▶ _What you are asked to do_: Somewhere below is a line with "fn bounded(alloc: Global, task: &Task)" and, later, a line with "int_range ≤ℤ greatest"; repeat those two lines and all the lines between them, exactly as they are.

[Stored entries]

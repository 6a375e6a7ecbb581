// The walk over a model: a typed program → its instance.

ghost use Rattle.std.specs.Prelude.{◌≡◌, ◌<◌, ◌^◌, ◌≤ℤ◌, None, pos};
ghost use Rattle.mz_value.specs.Ranges.{greatest};
ghost use Rattle.mz_core.specs.Program.{plain_program};
ghost use Rattle.mz_meaning.specs.Unbounded.{first_unbounded};
ghost use Rattle.mz_model.specs.Walks.{limits_of, program_of};
ghost use Rattle.mz_model.specs.Ending.{EndsFrom, ModelEnds};

use crate::ending::{aim_of, halted, instance_of};
use crate::start::{no_names, unbounded};
use crate::types::{HeldConstraint, Names, Task};
use crate::whole::walked;
use mz_arena::Instance;
use mz_base::Stop;
use mz_core::Program;
use mz_model_state::{walks_are_closed, walks_go_on};
use mz_model_unbounded::first_unbounded;
use mz_symbol::Run;
use std::alloc::Global;

/// What follows the constraints: the objective, and the instance.
fn constrained(
    alloc: Global,
    task: &Task,
    names: Names,
    cs: &[HeldConstraint],
    run: Run,
) -> Result<Instance, Stop>
    requires { EndsFrom task.now run names cs.now }
    ensures { ModelEnds (limits_of task.now) (program_of task.now) result }
{
    walks_are_closed();
    let mut run = run;
    match aim_of(alloc, task, &names, &mut run) {
        Err(s) => Err(halted(task, &run, &names, s)),
        Ok(goal) => match instance_of(alloc, task, names, cs, goal, run) {
            Err(_) => Err(Stop::Memory),
            Ok(inst) => Ok(inst),
        },
    }
}

/// Where each declaration has a value or a bound.
fn bounded(alloc: Global, task: &Task) -> Result<Instance, Stop>
    requires { first_unbounded (program_of task.now) ≡ None }
    ensures { ModelEnds (limits_of task.now) (program_of task.now) result }
{
    walks_go_on();
    let mut run = Run::new(alloc);
    let mut names = no_names(alloc);
    match walked(alloc, task, &mut names, &mut run) {
        Err(s) => Err(halted(task, &run, &names, s)),
        Ok(cs) => constrained(alloc, task, names, &cs, run),
    }
}

/// The instance of a task's program.
fn modeled(alloc: Global, task: &Task) -> Result<Instance, Stop>
    ensures { ModelEnds (limits_of task.now) (program_of task.now) result }
{
    match first_unbounded(task.program) {
        Some(at) => Err(unbounded(alloc, task, at)),
        None => bounded(alloc, task),
    }
}

/// The instance of a typed program, under this budget, where a `var int` without a value and without
/// a set reaches `int_range` to both sides of 0. The program's declarations are evaluated in its
/// order, each sets first and then value; then its constraints in source order, and its objective.
///
/// Refused where each walk over the model stops, whatever values its variables have: at the first
/// declaration, in source order, that has no value and no bound (`UnboundedSet`, at its name), and
/// else where evaluation stops. Out of memory too where a form isn't built, and where what was made
/// doesn't pass the tests at the end; no walk comes to that.
pub fn model(
    alloc: Global,
    program: &Program,
    budget: u64,
    int_range: i64,
) -> Result<Instance, Stop>
    requires small { budget < 2 ^ 63 }
    requires from_zero { pos 0 ≤ℤ int_range }
    requires in_limit { int_range ≤ℤ greatest }
    ensures { ModelEnds (record { budget = budget; int_range = int_range }) (plain_program program.now) result }
{
    let task = Task {
        program: &*program,
        budget,
        int_range,
    };
    modeled(alloc, &task)
}
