// The cells that guards guard: they have their values where the guard holds, and none elsewhere.

ghost use Rattle.std.specs.Prelude.{◌≡◌, ◌*◌, ◌+◌, IfOk, List, None, Option, Some, false, length, map, true, ℕ};
ghost use Rattle.mz_value.specs.Contents as values;
ghost use Rattle.mz_value.specs.Contents.{Content};
ghost use Rattle.mz_value.specs.Ranges.{Range};
ghost use Rattle.mz_core.specs.declared.types.Base.TheVariants as base;
ghost use Rattle.mz_core.specs.Types.{plain_type};
ghost use Rattle.mz_arena.specs.Values.{Term, is_true};
ghost use Rattle.mz_operations.specs.Bounds as bounds;
ghost use Rattle.mz_meaning.specs.Cells as cells;
ghost use Rattle.mz_meaning.specs.Cells.{Bare, Var, held, kept_if, only_if, value_of};
ghost use Rattle.mz_symbol.specs.Makes.{GoesOnBy};
ghost use Rattle.mz_symbol.specs.Readings.{Reading};
ghost use Rattle.mz_symbol.specs.Symbols.{symbol_value};
ghost use Rattle.mz_symbol.specs.Arguments.{as_argument};
ghost use Rattle.mz_eval_symbols.specs.Taken.{array_argument, count_in, ranges_in};
ghost use Rattle.mz_eval_cells.specs.declared.types.Known.TheVariants as known;
ghost use Rattle.mz_eval_cells.specs.Views.{cell_of, known_bound, row_content, seen, truth_by, var_content};
ghost use Rattle.mz_eval_guards.specs.Guards.{IsCell, guard_seen, held_truth};
ghost use Rattle.mz_eval_guards.specs.StepsGuarding.{IsLineKept, IsTruth};

use crate::lines::line_items;
use crate::lying::{same_cell, truth_nodes};
use crate::types::Guard;
use glob_nodes::{Join, joined};
use mz_arena::Id;
use mz_base::Memory;
use mz_core::{Base, TypeInst};
use mz_eval_cells::{
    Bound, Known, Origin, Origins, VarItems, VarValue, row_of, share_bound, to_var, undefined,
    var_value,
};
use mz_eval_symbols::{cell_of_line, cell_of_symbol, cell_of_truth, line_in, symbol_in};
use mz_symbol::{Run, Symbol};
use std::alloc::{AllocError, Global};
use std::rc::Rc;

// ---- symbols

fn is_truth_by(b: Base, occurs: Option<Id>) -> bool
    ensures is { result ≡ true → b ≡ base.Bool }
    ensures plain { result ≡ true → occurs ≡ None }
    ensures no { result ≡ false → (v : Option Content) → as_argument b occurs v ≡ v }
{
    match b {
        Base::Bool => match occurs {
            None => true,
            Some(_) => false,
        },
        _ => false,
    }
}

/// Whether a symbol is a truth value that is no option.
fn is_truth(s: Symbol) -> bool
    ensures yes { result ≡ true → IsTruth s }
    ensures no { result ≡ false → (v : Option Content) → as_argument s.base s.occurs v ≡ v }
{
    is_truth_by(s.base, s.occurs)
}

/// A truth value where another is true, undefined elsewhere.
#[tactic(auto, using(mz_symbol_rows::proofs::GoingOn::goes_most))]
fn truth_kept(alloc: Global, run: &mut Run, bound: Bound, d: Id, x: Id) -> Result<Known, Memory>
    ensures goes { GoesOnBy 6 run.old run.new }
    ensures cell { IfOk result (IsCell run.old run.new (λ r.
        Var (bounds.one (known_bound bound)) (held r.mode (only_if (is_true (r.term d)) (Some (values.bool (is_true (r.term x)))))))) }
{
    let all = joined(run, Join::Both, d, x)?;
    let k = cell_of_truth(alloc, bound, all, d)?;
    Ok(k)
}

/// A value that is no truth value, or an option, where a truth value is true, undefined elsewhere.
#[tactic(auto, using(mz_symbol_rows::proofs::GoingOn::goes_most))]
fn other_kept(alloc: Global, run: &mut Run, bound: Bound, d: Id, s: Symbol) -> Result<Known, Memory>
    requires { (v : Option Content) → as_argument s.base s.occurs v ≡ v }
    ensures goes { GoesOnBy 20 run.old run.new }
    ensures cell { IfOk result (IsCell run.old run.new (λ r. Var (bounds.one (known_bound bound)) (held r.mode (only_if (is_true (r.term d)) (symbol_value r.term s))))) }
{
    let Ok(x) = mz_symbol_rows::options::guarded(run, d, s) else {
        return Err(Memory);
    };
    if is_truth(x) {
        return Err(Memory);
    }
    let k = cell_of_symbol(alloc, bound, x)?;
    Ok(k)
}

#[tactic(auto, using(mz_symbol_rows::proofs::GoingOn::goes_most))]
fn truth_symbol_kept(
    alloc: Global,
    run: &mut Run,
    bound: Bound,
    d: Id,
    s: Symbol,
) -> Result<Known, Memory>
    requires { IsTruth s }
    ensures goes { GoesOnBy 20 run.old run.new }
    ensures cell { IfOk result (IsCell run.old run.new (λ r.
        Var (bounds.one (known_bound bound)) (held r.mode (only_if (is_true (r.term d)) (as_argument s.base s.occurs (symbol_value r.term s)))))) }
{
    let k = truth_kept(alloc, run, bound, d, s.term)?;
    Ok(k)
}

#[tactic(auto, using(crate::proofs::GuardingLaws::other_symbol, mz_symbol_rows::proofs::GoingOn::goes_most))]
fn symbol_kept(
    alloc: Global,
    run: &mut Run,
    bound: Bound,
    d: Id,
    s: Symbol,
) -> Result<Known, Memory>
    ensures goes { GoesOnBy 20 run.old run.new }
    ensures cell { IfOk result (IsCell run.old run.new (λ r.
        Var (bounds.one (known_bound bound)) (held r.mode (only_if (is_true (r.term d)) (as_argument s.base s.occurs (symbol_value r.term s)))))) }
{
    if is_truth(s) {
        truth_symbol_kept(alloc, run, bound, d, s)
    } else {
        other_kept(alloc, run, bound, d, s)
    }
}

▶ _Task solution_:
fn bounded(alloc: Global, task: &Task) -> Result<Instance, Stop>
    requires { first_unbounded (program_of task.now) ≡ None }
    ensures { ModelEnds (limits_of task.now) (program_of task.now) result }
{
    walks_go_on();
    let mut run = Run::new(alloc);
    let mut names = no_names(alloc);
    match walked(alloc, task, &mut names, &mut run) {
        Err(s) => Err(halted(task, &run, &names, s)),
        Ok(cs) => constrained(alloc, task, names, &cs, run),
    }
}

/// The instance of a task's program.
fn modeled(alloc: Global, task: &Task) -> Result<Instance, Stop>
    ensures { ModelEnds (limits_of task.now) (program_of task.now) result }
{
    match first_unbounded(task.program) {
        Some(at) => Err(unbounded(alloc, task, at)),
        None => bounded(alloc, task),
    }
}

/// The instance of a typed program, under this budget, where a `var int` without a value and without
/// a set reaches `int_range` to both sides of 0. The program's declarations are evaluated in its
/// order, each sets first and then value; then its constraints in source order, and its objective.
///
/// Refused where each walk over the model stops, whatever values its variables have: at the first
/// declaration, in source order, that has no value and no bound (`UnboundedSet`, at its name), and
/// else where evaluation stops. Out of memory too where a form isn't built, and where what was made
/// doesn't pass the tests at the end; no walk comes to that.
pub fn model(
    alloc: Global,
    program: &Program,
    budget: u64,
    int_range: i64,
) -> Result<Instance, Stop>
    requires small { budget < 2 ^ 63 }
    requires from_zero { pos 0 ≤ℤ int_range }
    requires in_limit { int_range ≤ℤ greatest }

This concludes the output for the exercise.